- Church: Argentine Catholic Apostolic Church
- Elected: 1971
- Predecessor: Position created
- Other posts: Roman Catholic priest and military chaplain

Orders
- Consecration: 1972 by Luigi Mascolo

Personal details
- Born: Argentina
- Denomination: Independent Catholic, formerly Judaism and Roman Catholicism

= Leonardo Morizio Domínguez =

Leonardo Morizio Domínguez was an Argentine former Roman Catholic priest who was the first archbishop and primate of the Argentine Catholic Apostolic Church (ICAA), an independent Catholic Church in Argentina.

==Biography==
Morizio was born in Argentina, converted to Catholicism from Judaism, and was ordained a Roman Catholic priest. He was a military chaplain during the 1960s but came to disagree with the positions of the Vatican, and sought consecration from Bishops of the Brazilian Catholic Apostolic Church (ICAB), setting up a similar organization in Argentina.

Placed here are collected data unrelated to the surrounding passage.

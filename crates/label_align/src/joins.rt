// The outer join of two axes.
ghost use Rattle.std.specs.Prelude.{◌≡◌, ◌<◌, ◌≤◌, ◌++◌, All, IfOk, None, length, replicate};
ghost use Rattle.multi_index.specs.Axes.{HaveLevels};
ghost use Rattle.meaning_align.specs.Joins as meant;
ghost use Rattle.meaning_align.specs.OuterJoin.{IsOuterJoin};
ghost use Rattle.row_keys.specs.Keys.{same_tuple};
ghost use Rattle.label_align.specs.Tuples.{tuple_less};
ghost use Rattle.label_align.specs.Both.{tuples_of};
ghost use Rattle.label_align.specs.Joined.{entries_shown, lists_seen};
ghost use Rattle.label_align.specs.Answers.{AlignsBy};
ghost use Rattle.label_align.specs.Runs.{AreGivenTuples};

use crate::axes::axis_of_rows;
use crate::both::{BothSides, rows_in_order};
use crate::fault::AlignFault;
use crate::joined::{Joined, JoinedRows, entries_of_runs};
use crate::runs::{runs_of, size_of_runs};
use cell_core::{Gaps, TextDict};
use multi_index::Axis;
use std::alloc::Global;

// As many rows as a table may have.
const MOST_ROWS: usize = 67108864;

// How many levels both axes have.
fn levels_of_both(a: &Axis, b: &Axis) -> usize
    requires { length a.now.names ≡ length b.now.names }
    ensures count { result ≡ length a.now.names }
    ensures some { 1 ≤ result }
    ensures few { result ≤ 4 }
    ensures alike { HaveLevels result (a.now.tuples ++ b.now.tuples) }
{
    a.levels().max(b.levels())
}

// The rows of both sides joined: put in order, and cut into runs that carry one tuple.
#[tactic(auto, using(crate::proofs::Hints::joined_rows))]
fn joined_rows(
    alloc: Global,
    dict: &TextDict,
    both: &BothSides<'_>,
    most: usize,
) -> Result<JoinedRows, AlignFault>
    requires alike { HaveLevels both.now.levels (tuples_of both.now) }
    requires given { AreGivenTuples dict.now (tuples_of both.now) }
    ensures inside { IfOk result (λ made.
        All (λ row. row < length (tuples_of both.now)) made.rows.items) }
    ensures rows { let left = both.now.left.now.tuples in
        AlignsBy (entries_shown (tuples_of both.now)) result
        (meant.outer_within most same_tuple (tuple_less dict.now) left both.now.right.now.tuples) }
{
    // Equal texts have equal numbers: `TextDict::len` says so.
    let _ = dict.len();
    let rows = rows_in_order(alloc, dict, both)?;
    let runs = runs_of(alloc, both, rows.as_slice())?;
    match size_of_runs(&runs, most) {
        Some(size) => {
            let count = both.left.len();
            let made = entries_of_runs(alloc, count, &runs, rows.as_slice(), size)?;
            Ok(made)
        }
        None => Err(AlignFault::TooLarge),
    }
}

/// The rows of two axes joined by their tuples, as [`outer`] joins them, for a caller that has room for so many at most.
/// They are counted before one is made.
///
/// # Errors
///
/// `TooLarge` exactly where there are more rows than that. `NoMemory` may come in place of any answer, and
/// `DuplicateLabels` never comes.
pub fn outer_within(
    alloc: Global,
    dict: &TextDict,
    a: &Axis,
    b: &Axis,
    most: usize,
) -> Result<Joined, AlignFault>
    requires levels { length a.now.names ≡ length b.now.names }
    requires given_a { AreGivenTuples dict.now a.now.tuples }
    requires given_b { AreGivenTuples dict.now b.now.tuples }
    ensures rows { AlignsBy lists_seen result
        (meant.outer_within most same_tuple (tuple_less dict.now) a.now.tuples b.now.tuples) }
    ensures law { IfOk result (λ joined.
        IsOuterJoin same_tuple (tuple_less dict.now) a.now.tuples b.now.tuples (lists_seen joined)) }
    ensures names { IfOk result (λ joined. joined.axis.names ≡ replicate (length a.now.names) None) }
{
    let both = BothSides {
        left: a,
        right: b,
        levels: levels_of_both(a, b),
    };
    let JoinedRows { rows, left, right } = joined_rows(alloc, dict, &both, most)?;
    let axis = axis_of_rows(alloc, dict, &both, &rows)?;
    Ok(Joined {
        axis,
        left: Gaps::from(left),
        right: Gaps::from(right),
    })
}

/// The rows of two axes joined by their tuples: all tuples of both in order. One that stands p times on the
/// left and q times on the right has p times q rows, by left, then right row; one of a single side has its rows
/// there, with gaps on the other ("Merge, join, concatenate and compare" in the pandas user guide). The rows are
/// counted before one is made. Texts are told apart by their numbers and ordered by what they say. The rows of both
/// sides are put in order by ranks, and those that carry one tuple then stand side by side.
///
/// # Errors
///
/// `TooLarge` exactly where there are more than 2^26 rows. `NoMemory` may come in place of any answer, and
/// `DuplicateLabels` never comes.
pub fn outer(alloc: Global, dict: &TextDict, a: &Axis, b: &Axis) -> Result<Joined, AlignFault>
    requires levels { length a.now.names ≡ length b.now.names }
    requires given_a { AreGivenTuples dict.now a.now.tuples }
    requires given_b { AreGivenTuples dict.now b.now.tuples }
    ensures rows { AlignsBy lists_seen result
        (meant.outer same_tuple (tuple_less dict.now) a.now.tuples b.now.tuples) }
    ensures law { IfOk result (λ joined.
        IsOuterJoin same_tuple (tuple_less dict.now) a.now.tuples b.now.tuples (lists_seen joined)) }
    ensures names { IfOk result (λ joined. joined.axis.names ≡ replicate (length a.now.names) None) }
{
    outer_within(alloc, dict, a, b, MOST_ROWS)
}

Morizio separated from the Catholic Church and founded ICAA in Buenos Aires in 1971. He was consecrated as archbishop and primate in 1972 by Luigi Mascolo, an ICAB bishop. Morizio later consecrated the author and polemicist Pedro Ruiz Badanelli as bishop in 1973 and José Eugenio Tenca Rusconi as bishop in 1983.

Morizio was associated with the right wing of Peronism and José López Rega's attempt to create a national church of Argentina.